Exportar regresiones a latex

#_---------------------------------------------------------- 
#                    EXPORTAR EN LATEX 
#_---------------------------------------------------------- 

# Lista de explicativa a mostrarse en la tabla

explicativas = ['GPCP_g','GPCP_g_l']

# etiquetas a las variables 

etiquetas = ['Growth in rainfall, t','Growth in rainfall, t-1']

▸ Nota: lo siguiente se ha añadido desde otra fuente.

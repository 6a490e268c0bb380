//! Inline constructs (CommonMark, "Inlines"; GFM), and the definitions that they refer to. For each
//! construct: what it accepts, what it keeps of that, and the node at its exit.
//!
//! Emphasis, strong emphasis and strikethrough are not here, since they keep only their nodes
//! (`parent` of `markdown_blocks`). Inline code and inline math are with the blocks that they share
//! their values with (`code` and `math` there).
#![tactic(auto)]

pub mod autolink;
pub mod character_reference;
pub mod definition;
pub mod footnote_call;
pub mod footnote_definition;
mod image;
pub mod label;
mod link;
pub mod media;
pub mod text;
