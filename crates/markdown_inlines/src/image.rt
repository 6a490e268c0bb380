//! Images (CommonMark): the nodes Image and ImageReference of mdast.
//!
//! In markdown-rs: `on_exit_media`, for an image.

ghost use Rattle.std.specs.Prelude.{◌≡◌, ◌≤◌, ◌+◌, IfOk, string_bytes};
ghost use Rattle.markdown_nodes.specs.Tree.{nothing};
ghost use Rattle.markdown_nodes.specs.View.{view};
ghost use Rattle.markdown_grammar.specs.Buffers.{node_count};
ghost use Rattle.markdown_parts.specs.PartsSoFar.{IsNode, placed};
ghost use Rattle.markdown_inlines.specs.Media.{image_by_label, image_by_name, image_by_resource, image_of, media};

use crate::label::{Label, identified_by, label_text};
use crate::media::{MediaParts, ReferenceParts, ResourceParts, Target};
use markdown_nodes::mdast::{Image, ImageReference, Node, ReferenceKind};
use markdown_nodes::steps::Steps;
use markdown_nodes::unist::Position;
use markdown_parts::label::Identified;
use std::alloc::{AllocError, Global};

impl MediaParts<'_> {
    /// Returns the node of an image. With a resource it has the address of that. Without one it
    /// refers to the name in its reference, or else in its label. The text of its label is its
    /// alternative text.
    ///
    /// For `![a](b)` it is an Image at `b` with the alternative text `a`, and for `![a]` an
    /// ImageReference to `a` with that text. Reading the label takes one step for each node in it.
    pub fn image(
        self,
        alloc: Global,
        steps: &mut Steps<'_>,
        position: Position,
    ) -> Result<Node, AllocError>
        ensures node { IfOk result (IsNode (image_of self.entry) nothing position) }
        ensures list { steps.new.events ≡ steps.old.events }
        ensures bound { steps.new.count ≤ steps.old.count + node_count (media self.entry).label }
    {
        let MediaParts { label, target } = self;
        let alt = label_text(alloc, steps, &label)?;
        match target {
            Target::Resource(at) => Ok(image_at(alloc, alt, position, at)),
            Target::Label => image_by_label(alloc, alt, position, ReferenceKind::Shortcut, &label),
            Target::Reference(ReferenceParts { string }) => match string {
                None => image_by_label(alloc, alt, position, ReferenceKind::Collapsed, &label),
                Some(named) => Ok(image_reference(alt, position, ReferenceKind::Full, named)),
            },
        }
    }
}

/// Returns an image by reference to the name in its label. The text of the label is the alternative
/// text.
fn image_by_label(
    alloc: Global,
    alt: String,
    position: Position,
    reference_kind: ReferenceKind,
    label: &Option<Label<'_>>,
) -> Result<Node, AllocError>
    ensures { IfOk result (IsNode (image_by_label (string_bytes alt) reference_kind label.now) nothing position) }
{
    let named = identified_by(alloc, label, alt.as_str())?;
    Ok(image_reference(alt, position, reference_kind, named))
}

/// Returns an image at an address.
#[tactic(auto, unfolding(markdown_nodes::specs::View::view))]
fn image_at(alloc: Global, alt: String, position: Position, resource: ResourceParts) -> Node
    ensures { view result ≡ placed (image_by_resource (string_bytes alt) resource) nothing position }
{
    let ResourceParts { destination, title } = resource;
    Node::Image(Image {
        position: Some(position),
        alt,
        url: destination.unwrap_or(String::new(alloc)),
        title,
    })
}

/// Returns an image by reference to this name.
#[tactic(auto, unfolding(markdown_nodes::specs::View::view))]
fn image_reference(
    alt: String,
    position: Position,
    reference_kind: ReferenceKind,
    named: Identified,
) -> Node
    ensures { view result ≡ placed (image_by_name (string_bytes alt) reference_kind named) nothing position }
{
    let Identified { identifier, label } = named;
    Node::ImageReference(ImageReference {
        position: Some(position),
        alt,
        reference_kind,
        identifier,
        label: Some(label),
    })
}
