//! Footnote calls (GFM, footnotes): the node FootnoteReference of mdast.
//!
//! In markdown-rs: `on_enter_gfm_footnote_call`, and the part of `on_exit_media` for footnote
//! calls.

ghost use Rattle.std.specs.Prelude.{◌≡◌, ◌≤◌, ◌+◌, IfOk, None, Some};
ghost use Rattle.markdown_events.specs.declared.role.ItemKind.TheVariants as item_kinds;
ghost use Rattle.markdown_events.specs.declared.role.Part.TheVariants as parts;
ghost use Rattle.markdown_nodes.specs.Tree.{nothing};
ghost use Rattle.markdown_grammar.specs.Buffers.{node_count};
ghost use Rattle.markdown_grammar.specs.Grammar as models;
ghost use Rattle.markdown_parts.specs.PartsSoFar.{IsFresh, IsNode, misfit_in};
ghost use Rattle.markdown_inlines.specs.Labels.{ReadsLabel};
ghost use Rattle.markdown_inlines.specs.FootnoteCalls.{call_label, footnote_call};

use crate::label::{Label, identified};
use markdown_grammar::error_kind::{ErrorKind, Stop};
use markdown_nodes::event::Point;
use markdown_nodes::mdast::{FootnoteReference, Node};
use markdown_nodes::role::{Content, ItemKind, Part};
use markdown_nodes::steps::Steps;
use markdown_nodes::unist::Position;
use markdown_parts::label::Identified;
use markdown_parts::misfits::at_most_one;
use markdown_parts::slice::Document;
use std::alloc::{AllocError, Global};

/// The parts of a footnote call so far.
///
/// In `[^a]` the label is `a`.
#[derive(Drop)]
pub struct FootnoteCallParts<'a> {
    pub label: Option<Label<'a>>,
}

impl<'a> FootnoteCallParts<'a> {
    /// Returns a footnote call at its enter, at the `[` of `[^a]`.
    pub fn new() -> FootnoteCallParts<'a>
        ensures { IsFresh (footnote_call result) models.footnote_call }
    {
        FootnoteCallParts { label: None }
    }

    /// Returns the rule that this item would violate here, if any. A footnote call accepts one
    /// label, and line endings. A second label is `ErrorKind::Repeated`, any other item
    /// `ErrorKind::Misplaced`.
    pub fn misfit(&self, what: ItemKind) -> Option<ErrorKind>
        ensures { result ≡ misfit_in (footnote_call self.now) what }
    {
        match what {
            ItemKind::Content(Content::LineEnding) => None,
            ItemKind::Part(Part::LabelText) => at_most_one(self.label.is_some()),
            _ => Some(ErrorKind::Misplaced),
        }
    }

    /// Stores the label between two points, with the nodes made in it: `a` in `[^a]`. If it is not
    /// a text of the document, it is refused as `ErrorKind::InvalidSlice`.
    pub fn take_label(
        &mut self,
        document: &Document<'a>,
        nodes: Vec<Node>,
        start: Point,
        end: Point,
    ) -> Result<(), Stop>
        requires { misfit_in (footnote_call self.old) (item_kinds.Part parts.LabelText) ≡ None }
        ensures { ReadsLabel document.now nodes start end (footnote_call self.old) (footnote_call self.new) result }
    {
        self.label = Some(Label::read(document, nodes, start, end)?);
        Ok(())
    }

    /// Returns the node of a footnote call, which refers to the footnote that its label names.
    ///
    /// For `[^a]` it is a FootnoteReference to `a`. Reading the label takes one step for each node
    /// in it.
    #[tactic(auto, unfolding(markdown_nodes::specs::View::view))]
    pub fn node(
        self,
        alloc: Global,
        steps: &mut Steps<'_>,
        position: Position,
    ) -> Result<Node, AllocError>
        ensures node { IfOk result (IsNode (call_label self.entry) nothing position) }
        ensures list { steps.new.events ≡ steps.old.events }
        ensures bound { steps.new.count ≤ steps.old.count + node_count (footnote_call self.entry).label }
    {
        let Identified { identifier, label } = identified(alloc, steps, &self.label)?;
        Ok(Node::FootnoteReference(FootnoteReference {
            position: Some(position),
            identifier,
            label: Some(label),
        }))
    }
}
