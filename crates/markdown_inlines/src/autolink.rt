//! Autolinks (CommonMark), and autolink literals (GFM, autolinks): the node Link of mdast.
//!
//! In markdown-rs: `on_enter_autolink`, `on_exit_autolink_email`, `on_exit_autolink_protocol`,
//! `on_enter_gfm_autolink_literal` and `on_exit_gfm_autolink_literal`.

ghost use Rattle.std.specs.Prelude.{◌≡◌, ◌++◌, IfOk, None, is_some, option_map, string_bytes, true};
ghost use Rattle.markdown_events.specs.Slices.{slice};
ghost use Rattle.markdown_events.specs.declared.role.ItemKind.TheVariants as item_kinds;
ghost use Rattle.markdown_events.specs.declared.role.Part.TheVariants as parts;
ghost use Rattle.markdown_nodes.specs.Tree as tree;
ghost use Rattle.markdown_nodes.specs.Tree.{nothing, only};
ghost use Rattle.markdown_nodes.specs.View.{view, views};
ghost use Rattle.markdown_grammar.specs.Grammar as models;
ghost use Rattle.markdown_grammar.specs.declared.error_kind.ErrorKind.TheVariants.{InvalidSlice};
ghost use Rattle.markdown_parts.specs.PartsSoFar.{IsFresh, IsNode, Makes, Reads, misfit_in, placed};
ghost use Rattle.markdown_inlines.specs.Autolinks.{IsLiteral, IsSchemeOf, autolink, autolink_nodes, is_literal};

use markdown_grammar::error_kind::{ErrorKind, Stop};
use markdown_nodes::event::Point;
use markdown_nodes::mdast::{Link, Node};
use markdown_nodes::role::{Content, ItemKind, Part};
use markdown_nodes::unist::Position;
use markdown_parts::joining::new_text;
use markdown_parts::misfits::at_most_one;
use markdown_parts::slice::{Document, position_of};
use markdown_parts::texts::address;
use markdown_parts::value::{Value, value_of};
use std::alloc::{AllocError, Global};

/// An address, and where it is: `a@b.c` in `<a@b.c>`.
#[derive(Drop)]
pub struct Address<'a> {
    pub start: Point,
    pub end: Point,
    pub value: Value<'a>,
}

/// The parts of an autolink so far. It has at most one address.
#[derive(Drop)]
pub enum AutolinkParts<'a> {
    /// No address so far.
    Empty,
    /// An email address, as in `<a@b.c>`.
    Email(Address<'a>),
    /// An address with its scheme, as in `<https://a.b>`.
    Protocol(Address<'a>),
}

impl<'a> AutolinkParts<'a> {
    /// Returns an autolink at its enter, at the `<` of `<a@b.c>`.
    pub fn new() -> AutolinkParts<'a>
        ensures { IsFresh (autolink result) models.autolink }
    {
        AutolinkParts::Empty
    }

    /// Returns the rule that this item would violate here, if any. An autolink accepts one address,
    /// and line endings. A second address is `ErrorKind::Repeated`, any other item
    /// `ErrorKind::Misplaced`.
    pub fn misfit(&self, what: ItemKind) -> Option<ErrorKind>
        ensures { result ≡ misfit_in (autolink self.now) what }
    {
        match what {
            ItemKind::Content(Content::LineEnding) => None,
            ItemKind::Part(Part::AutolinkEmail | Part::AutolinkProtocol) => {
                at_most_one(!matches!(self, AutolinkParts::Empty))
            }
            _ => Some(ErrorKind::Misplaced),
        }
    }

    /// Stores the email address between two points: `a@b.c` in `<a@b.c>`. If it is not a text of
    /// the document, it is refused as `ErrorKind::InvalidSlice`.
    pub fn take_email(
        &mut self,
        alloc: Global,
        document: &Document<'a>,
        start: Point,
        end: Point,
    ) -> Result<(), Stop>
        requires { misfit_in (autolink self.old) (item_kinds.Part parts.AutolinkEmail) ≡ None }
        ensures { Reads document.now parts.AutolinkEmail start end (autolink self.old) (autolink self.new) result }
    {
        let value = value_of(alloc, document, start, end)?;
        *self = AutolinkParts::Email(Address { start, end, value });
        Ok(())
    }

    /// Stores the address with its scheme between two points: `https://a.b` in `<https://a.b>`. If
    /// it is not a text of the document, it is refused as `ErrorKind::InvalidSlice`.
    pub fn take_protocol(
        &mut self,
        alloc: Global,
        document: &Document<'a>,
        start: Point,
        end: Point,
    ) -> Result<(), Stop>
        requires { misfit_in (autolink self.old) (item_kinds.Part parts.AutolinkProtocol) ≡ None }
        ensures { Reads document.now parts.AutolinkProtocol start end (autolink self.old) (autolink self.new) result }
    {
        let value = value_of(alloc, document, start, end)?;
        *self = AutolinkParts::Protocol(Address { start, end, value });
        Ok(())
    }

    /// Returns the node of an autolink between two points: a link to its address, or to an empty
    /// one if it has none.
    ///
    /// For `<a@b.c>` it is a link to `mailto:a@b.c`, with the text `a@b.c` in it.
    pub fn node(self, alloc: Global, start: Point, end: Point) -> Result<Node, AllocError>
        ensures { IfOk result (λ node. only (view node) ≡ autolink_nodes self.entry start end) }
    {
        let position = position_of(start, end);
        match self {
            AutolinkParts::Email(address) => {
                let place = position_of(address.start, address.end);
                linked(alloc, "mailto:", address.value.as_str(), position, place)
            }
            AutolinkParts::Protocol(address) => {
                let place = position_of(address.start, address.end);
                linked(alloc, "", address.value.as_str(), position, place)
            }
            AutolinkParts::Empty => {
                Ok(link_to(Vec::new(alloc), position, String::new(alloc), None))
            }
        }
    }
}

/// Returns the node of an autolink literal between two points: a link to it. If it is not a text of
/// the document, it is refused as `ErrorKind::InvalidSlice`.
///
/// For `www.a.b` it is a link to `http://www.a.b`, with the text `www.a.b` in it.
pub fn literal(
    alloc: Global,
    document: &Document<'_>,
    content: Content,
    start: Point,
    end: Point,
) -> Result<Node, Stop>
    requires { is_literal content ≡ true }
    ensures { Makes result (is_some (slice document.now.bytes start end)) InvalidSlice (IsLiteral document.now content start end) }
{
    let value = value_of(alloc, document, start, end)?;
    let position = position_of(start, end);
    Ok(linked(
        alloc,
        scheme_of(content),
        value.as_str(),
        position,
        position,
    )?)
}

/// Returns the scheme that an autolink literal leaves out (GFM, autolinks).
fn scheme_of(content: Content) -> &'static str
    requires { is_literal content ≡ true }
    ensures { IsSchemeOf content result.now }
{
    match content {
        Content::AutolinkLiteralEmail => "mailto:",
        Content::AutolinkLiteralWww => "http://",
        _ => "",
    }
}

/// Returns a link to an address, with that address for its text. A scheme that it leaves out is
/// added.
#[tactic(auto, unfolding(markdown_nodes::specs::View::view))]
fn linked(
    alloc: Global,
    scheme: &str,
    value: &str,
    position: Position,
    place: Position,
) -> Result<Node, AllocError>
    ensures { IfOk result (IsNode (tree.link (scheme.now ++ value.now) None) (only (placed (tree.text value.now) nothing place)) position) }
{
    let mut children = Vec::new(alloc);
    children.push(new_text(alloc, value, place)?)?;
    let url = address(alloc, scheme, value)?;
    Ok(link_to(children, position, url, None))
}

/// Returns a link to an address, either an autolink or a link with a label of its own.
pub fn link_to(children: Vec<Node>, position: Position, url: String, title: Option<String>) -> Node
    ensures { view result ≡ placed (tree.link (string_bytes url) (option_map string_bytes title)) (views children.items) position }
{
    Node::Link(Link {
        children,
        position: Some(position),
        url,
        title,
    })
}
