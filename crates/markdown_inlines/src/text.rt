//! Text, and hard breaks in it (CommonMark, textual content and hard line breaks).
//!
//! In markdown-rs: `on_enter_data`, `on_exit_data`, `on_enter_hard_break`, `on_exit_hard_break`,
//! and what `on_exit_line_ending` does after a break.

ghost use Rattle.std.specs.Prelude.{◌≡◌, is_some};
ghost use Rattle.markdown_events.specs.Slices.{slice, to_unist};
ghost use Rattle.markdown_nodes.specs.Tree as tree;
ghost use Rattle.markdown_nodes.specs.Tree.{join, nothing};
ghost use Rattle.markdown_nodes.specs.View.{view, views};
ghost use Rattle.markdown_grammar.specs.declared.error_kind.ErrorKind.TheVariants.{InvalidSlice};
ghost use Rattle.markdown_parts.specs.PartsSoFar.{Makes, placed};
ghost use Rattle.markdown_inlines.specs.Texts.{data_text, ending_text};

use markdown_grammar::error_kind::Stop;
use markdown_nodes::event::Point;
use markdown_nodes::mdast::{Break, Node};
use markdown_nodes::unist::Position;
use markdown_parts::joining::put_text;
use markdown_parts::line_ending::line_ending_of;
use markdown_parts::slice::{Document, position_of};
use markdown_parts::value::{value_as_it_stands, value_of};
use std::alloc::Global;

/// Appends the text of a span to the nodes. If the last node is a text, the two are joined, since
/// the data, references and line endings of one run of characters are one text in mdast.
///
/// In the document `ab`, the span from byte 0 to byte 1 adds the text `a`, and the next one makes
/// it `ab`. A span that is not a text of the document is refused as `ErrorKind::InvalidSlice`.
pub fn put_slice(
    alloc: Global,
    nodes: &mut Vec<Node>,
    document: &Document<'_>,
    start: Point,
    end: Point,
) -> Result<(), Stop>
    ensures { Makes result (is_some (slice document.now.bytes start end)) InvalidSlice
        (λ _. views nodes.new.items ≡ join (views nodes.old.items) (data_text document.now start end)) }
{
    let position = position_of(start, end);
    if let Some(value) = value_as_it_stands(document, start, end) {
        put_text(alloc, nodes, value, position)?;
        return Ok(());
    }
    let value = value_of(alloc, document, start, end)?;
    put_text(alloc, nodes, value.as_str(), position)?;
    Ok(())
}

/// Appends the text of a line ending to the nodes, as [`put_slice`] does for other spans.
///
/// If values are whole, the CR of `>~~~␍>⏎` is added as an LF: the empty line after it ends in an
/// LF, and the two would be read as one line ending.
pub fn put_line_ending(
    alloc: Global,
    nodes: &mut Vec<Node>,
    document: &Document<'_>,
    start: Point,
    end: Point,
) -> Result<(), Stop>
    ensures { Makes result (is_some (slice document.now.bytes start end)) InvalidSlice
        (λ _. views nodes.new.items ≡ join (views nodes.old.items) (ending_text document.now start end)) }
{
    let position = position_of(start, end);
    if let Some(value) = value_as_it_stands(document, start, end) {
        put_text(alloc, nodes, line_ending_of(document, value, end), position)?;
        return Ok(());
    }
    let made = value_of(alloc, document, start, end)?;
    put_text(
        alloc,
        nodes,
        line_ending_of(document, made.as_str(), end),
        position,
    )?;
    Ok(())
}

/// Returns the node of a hard break, completed by the line ending after it. In mdast a break
/// includes that line ending, so it ends where the line ending does.
///
/// For the two spaces and the line ending in `a  \nb` it extends from offset 1 to offset 4.
#[tactic(auto, unfolding(markdown_nodes::specs::View::view))]
pub fn hard_break(position: Position, end: Point) -> Node
    ensures { view result ≡ placed tree.«break» nothing (record position { end = to_unist end }) }
{
    Node::Break(Break {
        position: Some(Position {
            start: position.start,
            end: end.to_unist(),
        }),
    })
}
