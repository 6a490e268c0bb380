//! Labels: the content of the first brackets of a link, an image or a footnote call (CommonMark,
//! link text, image description and link label; GFM, footnotes).
//!
//! In markdown-rs: `on_exit_label_text`, and the part of `on_exit_media` for labels.

ghost use Rattle.std.specs.Prelude.{◌≡◌, ◌≤◌, ◌+◌, IfOk, is_some, string_bytes};
ghost use Rattle.markdown_events.specs.Slices.{slice};
ghost use Rattle.markdown_nodes.specs.View.{views};
ghost use Rattle.markdown_grammar.specs.Buffers.{node_count};
ghost use Rattle.markdown_grammar.specs.declared.error_kind.ErrorKind.TheVariants.{InvalidSlice};
ghost use Rattle.markdown_steps.specs.Summaries.{identifier_of, text_of as text_in};
ghost use Rattle.markdown_parts.specs.PartsSoFar.{Makes};
ghost use Rattle.markdown_inlines.specs.Labels;
ghost use Rattle.markdown_inlines.specs.Labels.{IsLabelOf, label_kept};

use markdown_grammar::error_kind::Stop;
use markdown_nodes::event::Point;
use markdown_nodes::mdast::Node;
use markdown_nodes::steps::Steps;
use markdown_nodes::text::normalize_identifier;
use markdown_parts::buffer::label_of;
use markdown_parts::label::Identified;
use markdown_parts::slice::Document;
use markdown_parts::value::Slice;
use std::alloc::{AllocError, Global};

/// The label of a link, an image or a footnote call. Its identifier and its text are made only if a
/// node needs them.
#[derive(Drop)]
pub struct Label<'a> {
    /// Its slice of the document, by whose visible bytes it is matched.
    pub slice: Slice<'a>,
    /// The nodes made in it.
    pub nodes: Vec<Node>,
}

impl<'a> Label<'a> {
    /// Returns the label between two points, with the nodes made in it. If it is not a text of the
    /// document, it is refused as `ErrorKind::InvalidSlice`.
    ///
    /// In `[a *b*](c)` its visible bytes are `a *b*`, and its nodes are a text and an emphasis.
    pub fn read(
        document: &Document<'a>,
        nodes: Vec<Node>,
        start: Point,
        end: Point,
    ) -> Result<Label<'a>, Stop>
        ensures { Makes result (is_some (slice document.now.bytes start end)) InvalidSlice (IsLabelOf document.now start end nodes) }
    {
        let slice = Slice::between(document, start, end)?;
        Ok(Label { slice, nodes })
    }
}

/// Returns the identifier by which a label is matched. If there is no label it is empty.
pub(crate) fn label_identifier(
    alloc: Global,
    label: &Option<Label<'_>>,
) -> Result<String, AllocError>
    ensures { IfOk result (λ made. string_bytes made ≡ identifier_of (label_kept label.now)) }
{
    match label {
        Some(label) => normalize_identifier(alloc, label.slice.visible(alloc)?.as_str()),
        None => Ok(String::new(alloc)),
    }
}

/// Returns the text of a label, in one step for each node in it. If there is no label it is empty.
pub(crate) fn label_text(
    alloc: Global,
    steps: &mut Steps<'_>,
    label: &Option<Label<'_>>,
) -> Result<String, AllocError>
    ensures text { IfOk result (λ made. string_bytes made ≡ text_in (label_kept label.now)) }
    ensures list { steps.new.events ≡ steps.old.events }
    ensures bound { steps.new.count ≤ steps.old.count + node_count (Labels.label_nodes label.now) }
{
    match label {
        Some(label) => label_of(alloc, steps, &label.nodes),
        None => Ok(String::new(alloc)),
    }
}

/// Returns what a label refers to: the identifier and the label of an association (mdast).
///
/// For the label `A` of `[^A]` the identifier is `a` and the label is `A`. Reading the label takes
/// one step for each node in it. The only error is that memory ran out.
pub fn identified(
    alloc: Global,
    steps: &mut Steps<'_>,
    label: &Option<Label<'_>>,
) -> Result<Identified, AllocError>
    ensures identifier { IfOk result (λ made. string_bytes made.identifier ≡ identifier_of (label_kept label.now)) }
    ensures label { IfOk result (λ made. string_bytes made.label ≡ text_in (label_kept label.now)) }
    ensures list { steps.new.events ≡ steps.old.events }
    ensures bound { steps.new.count ≤ steps.old.count + node_count (Labels.label_nodes label.now) }
{
    Ok(Identified {
        identifier: label_identifier(alloc, label)?,
        label: label_text(alloc, steps, label)?,
    })
}

/// Returns what a label refers to, if its text has already been made.
pub(crate) fn identified_by(
    alloc: Global,
    label: &Option<Label<'_>>,
    text: &str,
) -> Result<Identified, AllocError>
    ensures identifier { IfOk result (λ made. string_bytes made.identifier ≡ identifier_of (label_kept label.now)) }
    ensures label { IfOk result (λ made. string_bytes made.label ≡ text.now) }
{
    Ok(Identified {
        identifier: label_identifier(alloc, label)?,
        label: String::from_str(alloc, text)?,
    })
}

/// Returns the nodes of a label. If there is no label there are none.
pub(crate) fn label_nodes(alloc: Global, label: Option<Label<'_>>) -> Vec<Node>
    ensures { views result.items ≡ Labels.label_nodes label.entry }
{
    match label {
        Some(label) => label.nodes,
        None => Vec::new(alloc),
    }
}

labels = dict(zip(explicativas,etiquetas))
labels
{'GPCP_g': 'Growth in rainfall, t', 'GPCP_g_l': 'Growth in rainfall, t-1'}
pystout(models = [ols_model1,ols_model2], file='regression_table1.tex', digits=3,
        endog_names=['Civil Conflict 25 Death (1)','Civil Conflict 1000 Death (2)'],
        exogvars =explicativas ,  # sellecionamos las variables 
        varlabels = labels,  # etiquetas a las variables
        mgroups={'Ordinary Least Squares':[1,2]}, # titulo a las regresiones
        modstat={'nobs':'Observations','rsquared':'R\sym{2}'}, # estadísticos 
        addrows={'Country fixed effects':['yes','yes'], 'Country-specific time trends' :
                 ['yes','yes'],
                 'Root mean square error': [rmse_ol1,rmse_ol2]}, # añadimos filas 
        addnotes=['Note.—Huber robust standard errors are in parentheses.',
                  'Regression disturbance terms are clustered at the country level.',
                 'A country-specific year time trend is included in all specifications (coefficient estimates not reported).',
                 '* Significantly different from zero at 90 percent confidence.',
                 '** Significantly different from zero at 95 percent confidence.',
                 '*** Significantly different from zero at 99 percent confidence.'],
        title='Rainfall and Civil conflict (Reduced form)',
        stars={.1:'*',.05:'**',.01:'***'}
       )

3. Graficar el Coeft plot del coeficiente estimado que corresponde a la variable GPCP g.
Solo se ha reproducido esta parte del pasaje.